CS6120 Natural Language Processing Assignment 0
Scenario
A regular expression (RE) is a sequence of characters that forms a search pattern. RE can be used for string searching and manipulation tasks, such as finding, replacing, or validating text. Regular expressions are powerful tool in many languages for handling text data. They are useful in data cleaning, parsing, and text preprocessing.
Task
This assignment has two parts to it:
-
Part A): You are given a small csv file with five short stories listed in rows. The file also contains empty columns with header labels.
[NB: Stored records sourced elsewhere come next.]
use desk::arguments::month_asked_for;
use desk::demands::answer;
use std::alloc::{AllocError, Global};
use std::process::Abort;
use std::test::Fail;
use stores::full_table::FullTable;

// A line's first values, how many withdrawals of 5 follow, and what stands at its end.
const LINES: [(&[u8], u8, &[u8]); 13] = [
    (b"", 0, b""),
    (b"1|1", 23, b""),
    (b"1|1", 25, b""),
    (b"x|1", 24, b""),
    (b"1|123", 24, b""),
    (b"1234567890|1", 24, b""),
    (b"1|1|w5", 23, b""),
    (b"1|1", 23, b"|W123456789"),
    (b"2|1", 24, b""),
    (b"0|1", 24, b""),
    (b"1|29", 24, b""),
    (b"1|0", 24, b""),
    (b"1|1", 24, b""),
];

const TOLD: &[u8] = b"\
demands: line 1: refused 20: the line has not 26 values
demands: line 2: refused 20: the line has not 26 values
demands: line 3: refused 20: the line has not 26 values
demands: line 4: refused 21: value 1: the value is malformed
demands: line 5: refused 21: value 2: the value is malformed
demands: line 6: refused 21: value 1: the value is malformed
demands: line 7: refused 21: value 3: the value is malformed
demands: line 8: refused 21: value 26: the value is malformed
demands: line 9: refused 6: the point is not declared
demands: line 10: refused 6: the point is not declared
demands: line 11: refused 7: the day is not in the month
demands: line 12: refused 7: the day is not in the month
demands: refused 15: point 1, day 2: the sheet is missing
";

fn faulty_file(heap: Global) -> Result<Vec<u8>, AllocError> {
    let mut file = Vec::new(heap);
    for (front, hours, end) in LINES {
        file.extend_from_slice(front)?;
        for _hour in 0..hours {
            file.extend_from_slice(b"|W5")?;
        }
        file.extend_from_slice(end)?;
        file.push(b'\n')?;
    }
    Ok(file)
}

// February 2023 of one network point: each faulty line is told and passed over, then the first sheet that is missing.
#[test]
fn a_faulty_file_is_told_line_by_line(rt: HostRuntime) -> Result<(), Fail> {
    let heap = rt.alloc();
    let Ok(month) = month_asked_for(b"2023", b"2", b"20", b"-", b"N") else {
        return Err(Fail::new("no month"));
    };
    let file = faulty_file(heap)?;
    let mut memory = [0u32; 28 * 24];
    let mut store = FullTable::new(&mut memory, 1, 28);
    let mut out = Vec::new(heap);
    let mut faults = Vec::new(heap);
    let printed = answer(&month, &mut store, file.as_slice(), &mut out, &mut faults)?;
    assert!(rt; !printed);
    assert!(rt; out.is_empty());
    assert!(rt; faults.as_slice() == TOLD);
    Ok(())
}

// Checks what is told of a month and points without marks on days.
fn is_told(
    rt: &impl Abort,
    heap: Global,
    year: &[u8],
    month: &[u8],
    summer: &[u8],
    points: &[u8],
    words: &str,
) -> Result<(), Fail> {
    let Err(fault) = month_asked_for(year, month, b"-", summer, points) else {
        return Err(Fail::new("a month"));
    };
    let told = format!(in heap; "{fault}")?;
    assert!(rt; told.as_str() == words);
    Ok(())
}

#[test]
fn bad_arguments_are_told(rt: HostRuntime) -> Result<(), Fail> {
    let heap = rt.alloc();
    is_told(
        &rt,
        heap,
        b"x",
        b"5",
        b"-",
        b"N",
        "YEAR: not a whole number",
    )?;
    is_told(
        &rt,
        heap,
        b"2023",
        b"",
        b"-",
        b"N",
        "MONTH: not a whole number",
    )?;
    is_told(
        &rt,
        heap,
        b"2023",
        b"13",
        b"-",
        b"N",
        "refused 1: the year is 2000 to 2099 and the month 1 to 12",
    )?;
    is_told(
        &rt,
        heap,
        b"2023",
        b"2",
        b"29",
        b"N",
        "refused 2: a day is marked that the month lacks",
    )?;
    is_told(
        &rt,
        heap,
        b"2023",
        b"2",
        b"3-1",
        b"N",
        "SUMMER: not days as 1,5,22-24 or -",
    )?;
    is_told(
        &rt,
        heap,
        b"2023",
        b"2",
        b"-",
        b"N,CX",
        "POINTS: point 2: refused 3: a point is N, or C with L, T or LT",
    )
}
Use RE to extract information for the empty columns.
-
Part B) Download all 5 volumes of "A system of practical medicine" form Gutenberg Library. Then apply RE search to look for the number of times most common modern health conditions are mentioned in each text. Your objective is to create a df with five rows in it, one for each volume. The df should contain columns for various health conditions and their frequency within each volume. Here are the most frequent health conditions:
Heart disease
Cancer
Stroke
Respiratory diseases
Alzheimer's disease
Diabetes
Influenza and Pneumonia
Kidney diseases
Septicemia
Liver disease
Hypertension
Parkinson's disease
Chronic lower respiratory disease
Accidents/injuries
Osteoporosis
Asthma
Depression
Oral health issues
HIV/AIDS
Tuberculosis
Malaria
Dengue fever
Hepatitis
Epilepsy
Multiple sclerosis
Expected Output
Please submit a fully executed Jupyter notebook clearly identifying question number and steps. Make sure to add proper commentary to your solution.